Status quo Pflege in Deutschland: Zahlen, Daten, Fakten
Die Spitze des Eisberges zeigt sich bereits in vielen Medienbeiträgen. Danach entsteht der Eindruck, dass Pflege dauernd am Abgrund jongliert: Fachkräftemangel, unübersehbarer Pflegebedarfsanstieg, Kostenexplosion und gleichzeitig Insolvenzen von Kliniken und Pflegeeinrichtungen.
Und in der Tat: Die Versorgung ist gefährdet – und das mit Ansage. Denn zahllos sind seit langem die Berichte über vergebliche Pflegeplatz-Gesuche, Verringerung von Leistungen wegen der enormen Kostensteigerungen und die sogenannte „Rennpflege“, die nicht viel mit menschenwürdiger Pflege zu tun hat. Die Gefahr eines pflegerischen Kollaps‘ und in der Folge eines Zusammenbruchs des Gesundheits-Versorgungssystems wird immer konkreter. Entsprechende Mahnungen an die Politik sowie Vorschläge für eine Besserung gibt es zuhauf.

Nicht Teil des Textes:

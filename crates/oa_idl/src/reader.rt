//! Reads the words of a text one after another.
ghost use Rattle.std.specs.Prelude.{◌≡◌, ◌-◌, ◌+◌, ◌*◌, ◌<◌, ◌^◌, ◌&&◌, if◌then◌else◌, length, take, drop, map, false, IfOk, IfErr, IfSome};
ghost use Rattle.oa_idl.specs.promise.Words.{word_of, passes, is_text, name_of, guid_of, digit_of, number_from};
ghost use Rattle.oa_idl.specs.promise.Words.{number_of, is_hexadecimal, below, part_from, part_of, id_number, id_from};
ghost use Rattle.oa_idl.specs.promise.Words.{id_of, word_type, same_kind, amount_from, amount_of, is_printable};
ghost use Rattle.oa_idl.specs.promise.Words.{is_escaped, characters_from, characters_of};
ghost use Rattle.oa_idl.specs.Words.{over, never_over};
ghost use Rattle.oa_idl.specs.promise.Grammar.{entry_word};
ghost use Rattle.oa_idl.specs.Reading.{ReadsWords, heads, later_words, this_at, one_at, if_meant, done, seen_first, first_word};
ghost use Rattle.oa_idl.specs.NextWords.{token_text, seen_text};
ghost use Rattle.oa_idl.specs.declared.stop.Stop.TheVariants.{Syntax};
ghost use Rattle.uuid.specs.Text.{parsed_hyphenated};

use crate::characters::Characters;
use crate::name::Name;
use crate::sign::{is_reserved, kind_of, same_bytes, type_named};
use crate::stop::{Stop, TreeLimit};
use oa_model::{MAX_NAME_CHARACTERS, PROPERTY_PUT_DISPID, UNKNOWN_DISPID, VarType};
use oa_tokens::{Token, TokenKind};
use std::alloc::{AllocError, Global};
use std::marker::Model;
use uuid::Uuid;

/// All numbers are below this bound, 2^96.
const NUMBER_BOUND: u128 = 1 << 96;
/// The number of characters of a GUID of the form 8-4-4-4-12.
const GUID_CHARACTERS: usize = 36;

/// The words of a text that have not been read yet.
#[derive(Drop)]
pub(crate) struct Reader<'a> {
    text: &'a [u8],
    rest: &'a [Token],
}

impl<'a> Model for Reader<'a> {
    ghost use Rattle.std.specs.Prelude.{List, map};
    ghost use Rattle.oa_idl.specs.promise.Forms.{Word};
    ghost use Rattle.oa_idl.specs.promise.Words.{word_of};

    ghost Value = { List Word };

    ghost view = { λ r. map (word_of r.text.now) r.rest.now };
}

/// Returns whether both kinds are equal.
fn same_kind(a: TokenKind, b: TokenKind) -> bool
    ensures { result ≡ same_kind a b }
{
    match (a, b) {
        (TokenKind::Guid, TokenKind::Guid) => true,
        (TokenKind::Name, TokenKind::Name) => true,
        (TokenKind::Number, TokenKind::Number) => true,
        (TokenKind::Text, TokenKind::Text) => true,
        (TokenKind::Mark, TokenKind::Mark) => true,
        (TokenKind::Junk, TokenKind::Junk) => true,
        (TokenKind::End, TokenKind::End) => true,
        _ => false,
    }
}

/// Returns the value of a decimal or hexadecimal digit.
fn digit_of(byte: u8) -> u8
    ensures { result ≡ digit_of byte }
{
    if byte <= b'9' {
        return byte.saturating_sub(b'0');
    }
    if b'a' <= byte {
        byte - (b'a' - 10)
    } else {
        byte - (b'A' - 10)
    }
}

/// Returns the number with these digits; None if it is not below 2^96.
#[tactic(auto, unfolding(crate::specs::promise::Words::number_from), using(crate::proofs::Digits::digit_steps))]
fn digits(hexadecimal: bool, text: &[u8]) -> Option<u128>
    ensures small { IfSome result (λ n. n < 2 ^ 96) }
    ensures value { result ≡ below (2 ^ 96) (number_from (if hexadecimal then 16 else 10) 0 text.now) }
{
    let base = if hexadecimal { 16u128 } else { 10u128 };
    let mut value = 0u128;
    let mut n = 0;
    while n < text.len() {
        let next = base * value + u128::from(digit_of(text[n]));
        if next >= NUMBER_BOUND {
            return None;
        }
        value = next;
        n += 1;
    }
    Some(value)
}

/// Returns whether a number begins with `0x`.
fn is_hexadecimal(text: &[u8]) -> bool
    ensures { result ≡ is_hexadecimal text.now }
{
    1 < text.len() && text[0] == b'0' && text[1] == b'x'
}

/// Returns the value of a number; None if it is not below 2^96.
#[tactic(auto, unfolding(crate::specs::promise::Words::number_of))]
fn number_of(text: &[u8]) -> Option<u128>
    ensures value { result ≡ number_of text.now }
    ensures small { IfSome result (λ n. n < 2 ^ 96) }
{
    if is_hexadecimal(text) {
        return digits(true, &text[2..]);
    }
    digits(false, text)
}

/// Returns a part of a version: 0 for any number if it does not count. None if it counts and is
/// above 65,535.
fn part_from(counts: bool, number: Option<u128>) -> Option<u16>
    ensures { result ≡ part_from counts number }
{
    if !counts {
        return Some(0);
    }
    u16::try_from(number?).ok()
}

/// Returns the number as an i32 with the sign `negative`; None if it does not fit. A hexadecimal
/// number without a sign is read as two's complement.
fn id_number(negative: bool, hexadecimal: bool, value: u128) -> Option<i32>
    ensures { result ≡ id_number negative hexadecimal value }
{
    let value = u32::try_from(value).ok()?;
    if negative {
        return 0i32.checked_sub_unsigned(value);
    }
    if hexadecimal {
        return Some(value.cast_signed());
    }
    i32::try_from(value).ok()
}

/// Returns the DISPID with this number; None if it does not fit an i32, or is -1 or -3.
fn id_from(negative: bool, hexadecimal: bool, number: Option<u128>) -> Option<i32>
    ensures { result ≡ id_from negative hexadecimal number }
{
    let id = id_number(negative, hexadecimal, number?)?;
    if id == UNKNOWN_DISPID || id == PROPERTY_PUT_DISPID {
        None
    } else {
        Some(id)
    }
}

/// Returns the number of a default with its sign; None if there is no number.
fn amount_from(negative: bool, number: Option<u128>) -> Option<i128>
    requires { IfSome number (λ n. n < 2 ^ 96) }
    ensures { result ≡ amount_from negative number }
{
    if negative {
        return 0i128.checked_sub_unsigned(number?);
    }
    0i128.checked_add_unsigned(number?)
}

/// Returns whether the byte is an ASCII character from the space to the tilde.
fn is_printable(byte: u8) -> bool
    ensures { result ≡ is_printable byte }
{
    b' ' <= byte && byte <= b'~'
}

/// Returns whether the byte may follow a backslash: a quote or a backslash.
fn is_escaped(byte: u8) -> bool
    ensures { result ≡ is_escaped byte }
{
    byte == b'"' || byte == b'\\'
}

/// Returns the characters up to the quote that closes a string; None if one of them is not allowed,
/// or if there is no such quote. Err: an allocation fails.
#[tactic(auto, using(crate::proofs::Strings::character_steps))]
fn characters(alloc: Global, text: &[u8]) -> Result<Option<Characters>, AllocError>
    ensures { IfOk result (λ found. found ≡ characters_from false text.now) }
{
    let mut out = Vec::new(alloc);
    let mut marked = false;
    let mut n = 0;
    while n < text.len() {
        let byte = text[n];
        if marked {
            if !is_escaped(byte) {
                return Ok(None);
            }
            out.push(byte)?;
            marked = false;
        } else {
            if byte == b'"' {
                return Ok(Some(Characters::from_bytes(out)));
            }
            if byte == b'\\' {
                marked = true;
            } else {
                if !is_printable(byte) {
                    return Ok(None);
                }
                out.push(byte)?;
            }
        }
        n += 1;
    }
    Ok(None)
}

/// Returns the bytes after the quote at the beginning of a string.
fn behind_quote(text: &[u8]) -> &[u8]
    ensures { result.now ≡ drop 1 text.now }
{
    match text.split_first() {
        Some((_quote, rest)) => rest,
        None => text,
    }
}

/// Parses a GUID of the form 8-4-4-4-12; None if the text has another form.
fn guid_of(text: &[u8]) -> Option<Uuid>
    ensures { result ≡ parsed_hyphenated text.now }
{
    if text.len() != GUID_CHARACTERS {
        return None;
    }
    Uuid::try_parse_ascii(text).ok()
}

Vieles bei diesem Thema läuft bei der Frage der Finanzierung zusammen. Die Pflege ist Bestandteil des Sozialsystems und Pflegekosten betreffen die Allgemeinheit. Die Beitragssätze für die soziale Pflegeversicherung steigen. Das Bismarcksche System der Finanzierung über den Lohn gerät wegen der Umkehrung der Bevölkerungspyramide ins Wanken. Und wie sieht es mit der Qualität der Pflege aus, reißt die Ressourcenlücke sie mit in eine düstere Zukunft?
Änderung von Zahl und Beschaffenheit
In dieser Gemengelage kann es hilfreich sein, Fakten zu benennen. Zur Einordnung der Dimension, die Pflege für die Gesellschaft hat, helfen wichtige Parameter. Dazu gehört vor allem, wie viele Menschen Pflegeleistungen erhalten.
Die Sozialgesetze erlauben nur statistisch verlässliche Daten für die Langzeitpflege, weil dort direkt Pflegekosten anfallen. Demnach liegt die Zahl der nach dem Gesetz Pflegebedürftigen um 150 Prozent höher, als vor 25 Jahren, das sind mittlerweile über 5,6 Millionen Menschen (BMG, 2024). Die Zahl der Menschen, die in der Pflege arbeiten, ist in demselben Zeitraum aber nur um 100 Prozent gestiegen. Mit 1,75 Millionen Beschäftigten stellt die Pflege die größte Berufsgruppe im Gesundheitssektor.
Die Zahl der pflegebedürftigen Menschen mit Mehrfacherkrankungen und mit Demenz nimmt massiv zu. Damit ändert sich die Beschaffenheit des Pflegebedarfs. So gab es zum Beispiel einen Anstieg der Behandlungen von Alzheimer-Erkrankungen zwischen 2000 und 2020 um 138 Prozent (Destatis, 2022). Die pflegerische Betreuung dieser Menschen ist sehr aufwändig und erfordert vielfach besonderes Know-how. Das muss bei dem quantitativen Anstieg der Pflegebedürftigen stets berücksichtigt werden. Jede:r Pflegebedürftige mehr, potenziert in der alternden Gesellschaft den pflegerischen Aufwand.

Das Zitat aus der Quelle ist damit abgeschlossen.